학술논문
Temporal 3D Shape Modeling for Video-based Cloth-Changing Person Re-Identification
Document Type
Conference
Source
2024 IEEE/CVF Winter Conference on Applications of Computer Vision Workshops (WACVW) WACVW Applications of Computer Vision Workshops (WACVW), 2024 IEEE/CVF Winter Conference on. :173-182 Jan, 2024
Subject
Language
ISSN
2690-621X
Abstract
Video-based Cloth-Changing Person Re-ID (VCCRe-ID) refers to a real-world Re-ID problem where texture information like appearance or clothing becomes unreliable in long-term, limiting the applicability of traditional Re-ID methods.
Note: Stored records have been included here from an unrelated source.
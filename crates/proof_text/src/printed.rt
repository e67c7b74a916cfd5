ghost use Rattle.std.specs.Prelude.{◌≡◌, ◌+◌, ◌<◌, length, map, IfOk};
ghost use Rattle.std.specs.List.{AllByRecursion};
ghost use Rattle.proof_text.specs.Branches.{predicate_of};
ghost use Rattle.proof_text.specs.Printing.{printed, printed_slot, printed_atom, printed_facts, printed_line};
ghost use Rattle.proof_text.specs.Showing.{IsElement, FactFits, LineFits};

use crate::body::{NamedAtom, Shown};
use coherent_form::Task;
use logic_core::{Atom, Slot};
use std::alloc::Global;
use text_core::{List, Memory, Name};
use vernacular_tree::Line;

/// The printed names of elements. `Memory` is want of memory.
pub fn element_names(alloc: Global, task: &Task, elements: &[u32]) -> Result<List<Name>, Memory>
    ensures { IfOk result (λ names. names ≡ map (printed task.now) elements.now) }
{
    let mut names = List::new(alloc);
    for element in elements {
        names.push(task.element_name(alloc, *element)?)?;
    }
    Ok(names)
}

// The printed name of an argument of a line's atom.
fn argument_name(alloc: Global, task: &Task, slot: Slot) -> Result<Name, Memory>
    requires { IsElement slot }
    ensures { IfOk result (λ name. name ≡ printed_slot task.now slot) }
{
    match slot {
        Slot::Constant(element) => task.element_name(alloc, element),
        Slot::Variable(_) => unreachable!(),
    }
}

fn argument_names(alloc: Global, task: &Task, slots: &[Slot]) -> Result<List<Name>, Memory>
    requires { AllByRecursion IsElement slots.now }
    ensures { IfOk result (λ names. names ≡ map (printed_slot task.now) slots.now) }
{
    let mut names = List::new(alloc);
    for slot in slots {
        names.push(argument_name(alloc, task, *slot)?)?;
    }
    Ok(names)
}

// The name of a symbol; equality has none.
fn predicate_name(alloc: Global, task: &Task, symbol: u32) -> Result<Option<Name>, Memory>
    requires { symbol < length task.now.tables.symbols + 1 }
    ensures { IfOk result (λ name. name ≡ predicate_of task.now.tables symbol) }
{
    if symbol == 0 {
        return Ok(None);
    }
    let name = task.tables().symbol_name(symbol).try_copy(alloc)?;
    Ok(Some(name))
}

fn named_atom(alloc: Global, task: &Task, atom: &Atom) -> Result<NamedAtom, Memory>
    requires { FactFits task.now.tables atom.now }
    ensures { IfOk result (λ named. named ≡ printed_atom task.now atom.now) }
{
    Ok(NamedAtom {
        positive: atom.positive,
        predicate: predicate_name(alloc, task, atom.symbol)?,
        args: argument_names(alloc, task, atom.args.as_slice())?,
    })
}

/// Facts with printed names. `Memory` is want of memory.
pub fn named_facts(alloc: Global, task: &Task, facts: &[Atom]) -> Result<List<NamedAtom>, Memory>
    requires { AllByRecursion (FactFits task.now.tables) facts.now }
    ensures { IfOk result (λ named. named ≡ printed_facts task.now facts.now) }
{
    let mut named = List::new(alloc);
    for fact in facts {
        named.push(named_atom(alloc, task, fact)?)?;
    }
    Ok(named)
}

fn named_lists(
    alloc: Global,
    task: &Task,
    lists: &[List<Atom>],
) -> Result<List<List<NamedAtom>>, Memory>
    requires { AllByRecursion (AllByRecursion (FactFits task.now.tables)) lists.now }
    ensures { IfOk result (λ named. named ≡ map (printed_facts task.now) lists.now) }
{
    let mut named = List::new(alloc);
    for facts in lists {
        named.push(named_facts(alloc, task, facts.as_slice())?)?;
    }
    Ok(named)
}

/// A line with printed names. `Memory` is want of memory.
pub fn named_line(alloc: Global, task: &Task, line: &Line) -> Result<Shown, Memory>
    requires { LineFits task.now.tables line.now }
    ensures { IfOk result (λ named. named ≡ printed_line task.now line.now) }
{
    match line {
        Line::Facts(facts) => Ok(Shown::Facts(named_facts(alloc, task, facts.as_slice())?)),
        Line::Cases(lists) => Ok(Shown::Cases(named_lists(alloc, task, lists.as_slice())?)),
        Line::Falsum => Ok(Shown::Falsum),
    }
}
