use text_core::Memory;
use thiserror::Error;
use tptp_lexer::LexRefusal;

/// Why bytes are no proof text, with the offset of the first token that is refused, counted in
/// bytes from 0.
#[derive(Debug, Drop, Error)]
pub enum ScriptRefusal {
    /// The bytes have no tokens. The refusal tells the first refused offset, and is never want of
    /// memory.
    #[error("{0}")]
    Lex(LexRefusal),
    /// The tokens before this one begin a proof text, and with it they begin none; or all tokens
    /// begin a proof text and are none, and the offset is the number of bytes.
    #[error("ProofSyntax")]
    ProofSyntax(u32),
    /// The token is an integer other than `1` and `2` in the place of the version.
    #[error("ProofVersion")]
    ProofVersion(u32),
    /// The token is a rule word behind `MOST_APPLICATIONS` others.
    #[error("ProofTooLarge")]
    ProofTooLarge(u32),
    /// The token is a `cs` inside `MOST_SPLITS` others.
    #[error("CasesTooDeep")]
    CasesTooDeep(u32),
    /// Memory ran out.
    #[error("Memory")]
    Memory,
}

impl From<Memory> for ScriptRefusal {
    ghost use Rattle.std.specs.Prelude.{◌≡◌};
    ghost use Rattle.proof_text.specs.declared.refusal.ScriptRefusal.TheVariants as refusals;

    ghost from_gives = { λ _ e. e ≡ refusals.Memory };

    fn from(_memory: Memory) -> ScriptRefusal {
        ScriptRefusal::Memory
    }
}
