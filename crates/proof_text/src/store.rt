ghost use Rattle.std.specs.Prelude.{◌≡◌, ◌+◌, ◌*◌, ◌-◌, ◌≤◌, Some, None, slice_get, length, IfOk, IsTrue};
ghost use Rattle.proof_text.specs.Marks as marks;
ghost use Rattle.proof_text.specs.Grammar as grammar;
ghost use Rattle.proof_text.specs.Values as values;

use crate::fixed::{Fixed, dollar_of, keyword_of};
use crate::limits::MOST_WITHIN;
use crate::mark::{Integer, Mark, Token};
use crate::part::Naming;
use std::alloc::Global;
use text_core::{Memory, Name, begins_with};
use token_grammar::Source;
use tptp_lexer::{Kind, Tokens};

impl<'a> Source<Token> for Tokens<'a> {
    ghost use Rattle.proof_text.specs.Marks.{marked};

    ghost marks = { λ tokens. marked tokens.tokens };

    fn count(&self) -> usize {
        self.len()
    }

    fn mark(&self, number: usize) -> Token {
        Token {
            mark: mark_of(self.kind(number), self.text(number)),
            number,
        }
    }
}

/// The name that the token of this number is.
pub(crate) fn name_at(
    alloc: Global,
    tokens: &Tokens<'_>,
    number: usize,
    naming: Naming,
    token: Token,
) -> Result<Name, Memory>
    requires at { slice_get (marks.marked tokens.now.tokens) number ≡ Some token }
    requires named { IsTrue (grammar.names naming token.mark) }
    ensures { IfOk result (λ name. name ≡ values.name_in tokens.now.tokens token) }
{
    tokens.name(alloc, number)
}

// The mark of a token of this kind and with this text.
fn mark_of(kind: Kind, text: &[u8]) -> Mark
    ensures { result ≡ marks.mark_of kind text.now }
{
    match kind {
        Kind::Lower => fixed_or(Mark::Word, keyword_of(text)),
        Kind::Quoted => Mark::Word,
        Kind::Upper => Mark::Upper,
        Kind::Integer => Mark::Integer(integer_mark(text)),
        Kind::Dollar => fixed_or(Mark::Other, dollar_of(text)),
        Kind::OpenParenthesis => Mark::Fixed(Fixed::OpenParenthesis),
        Kind::CloseParenthesis => Mark::Fixed(Fixed::CloseParenthesis),
        Kind::OpenBracket => Mark::Fixed(Fixed::OpenBracket),
        Kind::CloseBracket => Mark::Fixed(Fixed::CloseBracket),
        Kind::Comma => Mark::Fixed(Fixed::Comma),
        Kind::Dot => Mark::Fixed(Fixed::Dot),
        Kind::Colon => Mark::Fixed(Fixed::Colon),
        Kind::Tilde => Mark::Fixed(Fixed::Tilde),
        Kind::Ampersand => Mark::Fixed(Fixed::Ampersand),
        Kind::Bar => Mark::Fixed(Fixed::Bar),
        Kind::Equal => Mark::Fixed(Fixed::Equal),
        Kind::NotEqual => Mark::Fixed(Fixed::NotEqual),
        _ => Mark::Other,
    }
}

// The mark of a token with its own text, or another one.
fn fixed_or(other: Mark, fixed: Option<Fixed>) -> Mark
    ensures { result ≡ marks.fixed_or other fixed }
{
    match fixed {
        Some(fixed) => Mark::Fixed(fixed),
        None => other,
    }
}

// What the grammar looks at in an integer with this text.
fn integer_mark(text: &[u8]) -> Integer
    ensures { result ≡ marks.integer_mark text.now }
{
    if is_signed(text) {
        return Integer::NoNumber;
    }
    match number_in(text) {
        Some(number) => number_mark(number),
        None => Integer::NoNumber,
    }
}

// Whether the text begins with a sign.
fn is_signed(text: &[u8]) -> bool
    ensures { result ≡ marks.is_signed text.now }
{
    match text {
        [] => false,
        [first, ..] => *first == b'+' || *first == b'-',
    }
}

// What the grammar looks at in a number.
fn number_mark(number: u32) -> Integer
    ensures { result ≡ marks.number_mark number }
{
    if number == 1 {
        Integer::One
    } else if number == 2 {
        Integer::Two
    } else if 1 <= number && number <= MOST_WITHIN {
        Integer::Few(number)
    } else {
        Integer::Number(number)
    }
}

/// The number that digits write, where it is below 2 ^ 32; `None` where it is not.
pub fn number_in(text: &[u8]) -> Option<u32>
    ensures { result ≡ marks.number_in text.now }
{
    let mut number = 0;
    for byte in text {
        number = number_after(number, *byte)?;
    }
    Some(number)
}

// The number with one more digit, where it is below 2 ^ 32.
fn number_after(number: u32, byte: u8) -> Option<u32>
    ensures { result ≡ marks.number_next number byte }
{
    number
        .checked_mul(10)?
        .checked_add(u32::from(byte.saturating_sub(b'0')))
}
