//! The parts of a script, as a proof text writes them: all that stands for an element is a name.

use coherent_form::{Citation, Label};
use text_core::{List, Name};

/// An atom with the names of its elements. A `predicate` of `None` is equality, which has two
/// arguments; `positive` is false for the complement.
#[derive(Debug, Drop)]
pub struct NamedAtom {
    pub positive: bool,
    pub predicate: Option<Name>,
    pub args: List<Name>,
}

/// A line that a step gives: falsehood, facts, or two or more cases.
#[derive(Debug, Drop)]
pub enum Shown {
    Falsum,
    Facts(List<NamedAtom>),
    Cases(List<List<NamedAtom>>),
}

/// A value for the universal variable with this label.
#[derive(Debug, Drop)]
pub struct Binding {
    pub label: Label,
    pub value: Name,
}

/// Which elements the universal variables of a form stand for: a name for each in order, or values
/// by their labels.
#[derive(Debug, Drop)]
pub enum ArgsText {
    Listed(List<Name>),
    Named(List<Binding>),
}

/// A step by extended modus ponens: the form that is cited, its instance, the names of the new
/// elements, and the line that the step gives, where it is shown.
#[derive(Debug, Drop)]
pub struct MpText {
    pub cite: Citation,
    pub args: ArgsText,
    pub fresh: List<Name>,
    pub shown: Option<Shown>,
}

/// A case of a split: its facts, where they are shown, and its proof.
#[derive(Debug, Drop)]
#[cycle(body)]
pub struct CaseText {
    pub shown: Option<List<NamedAtom>>,
    pub body: BodyText,
}

/// How a body ends: by a disjunct of the goal, counted from 1, with the names of its elements; by a
/// line of falsehood; by a split of the line with this number, with one case or more; or by a gap,
/// which at most `within` rule applications are to close.
#[derive(Debug, Drop)]
#[cycle(body)]
pub enum EndText {
    As { disjunct: u32, args: List<Name> },
    Efq,
    Cs { line: u32, cases: List<CaseText> },
    Gap { within: u32 },
}

/// Steps in order, and an end.
#[derive(Debug, Drop)]
#[cycle(body)]
pub struct BodyText {
    pub steps: List<MpText>,
    pub end: EndText,
}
VCCRe-ID has not been well studied primarily due to (1) limited public datasets and (2) challenges related to extracting identity-related clothes-invariant cues from videos. Few existing works have heavily focused on gait-based features, which are severely affected under view-point changes and occlusions. In this work, we propose “Temporal 3D ShapE Modeling for VCCRe-ID” (SEMI), a lightweight end-to-end framework that addresses these issues by learning human 3D shape representations. The SEMI framework comprises of a Temporal 3D Shape Modeling branch, which extracts discriminative frame-wise 3D shape features using a temporal encoder, and an identity-aware 3D regressor. This is followed by a novel Attention-based Shape Aggregation (ASA) module that effectively aggregates frame-wise shape features for a fine-grained video-wise shape embedding. ASA leverages an attention mechanism to amplify the contribution of the most important frames while reducing redundancy during the aggregation process. Experiments on two VCCRe-ID datasets demonstrate that our proposed framework outperforms state-of-the-art methods by 10.7% in rank-1 accuracy and 7.4% in mAP in cloth-changing setting.